=== DATASET EXTRACT ===

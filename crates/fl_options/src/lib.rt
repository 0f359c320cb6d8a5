//! Options on the command line that change permissions, as `--share=network`, and rules of a
//! filter, as `--talk=org.gnome.Shell`.
#![tactic(auto)]

mod names;
mod option_lines;
mod options;
mod rule_names;
mod tests_of_text;
mod words;

pub use options::{is_launch_option, is_option, last_command, layer_of, option_layer};
pub use words::{is_rule, policy_of};

pub mod laws;
pub mod laws_of_rules;
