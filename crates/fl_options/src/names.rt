//! The names of options that change permissions.

ghost use Rattle.std.specs.Prelude.{◌≡◌};
ghost use Rattle.std.specs.Option.{option_copied};
ghost use Rattle.fl_options.specs.Options as spec;

use fl_meta::{PermList, Value};

/// Returns the list of the group `Context` to which the option of this name adds, or `None` if it
/// adds to none.
pub(crate) fn granted_list(name: &str) -> Option<PermList>
    ensures { result ≡ spec.granted_list name.now }
{
    match name {
        "--share" => Some(PermList::Shared),
        "--socket" => Some(PermList::Sockets),
        "--device" => Some(PermList::Devices),
        "--allow" => Some(PermList::Features),
        "--filesystem" => Some(PermList::Filesystems),
        "--persist" => Some(PermList::Persistent),
        _ => None,
    }
}

/// Returns the list of the group `Context` in which the option of this name denies an entry, or
/// `None` if it denies none.
pub(crate) fn denied_list(name: &str) -> Option<PermList>
    ensures { result ≡ spec.denied_list name.now }
{
    match name {
        "--unshare" => Some(PermList::Shared),
        "--nosocket" => Some(PermList::Sockets),
        "--nodevice" => Some(PermList::Devices),
        "--disallow" => Some(PermList::Features),
        "--nofilesystem" => Some(PermList::Filesystems),
        _ => None,
    }
}

/// Returns the group of the bus policy that the option of this name changes, or `None` if it
/// changes none.
pub(crate) fn bus_group(name: &str) -> Option<&'static str>
    ensures { option_copied result ≡ spec.bus_group name.now }
{
    match name {
        "--talk-name" | "--own-name" | "--no-talk-name" => Some("Session Bus Policy"),
        "--system-talk-name" | "--system-own-name" | "--system-no-talk-name" => {
            Some("System Bus Policy")
        }
        _ => None,
    }
}

/// Returns the level that the option of this name gives in a bus policy. It is `NoBus` for names
/// that give none.
pub(crate) fn bus_level(name: &str) -> Value
    ensures { result ≡ spec.bus_level name.now }
{
    match name {
        "--talk-name" | "--system-talk-name" => Value::Talk,
        "--own-name" | "--system-own-name" => Value::Own,
        _ => Value::NoBus,
    }
}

===

Among the entries, how many lines contain the word "specs"? Give the number alone.

3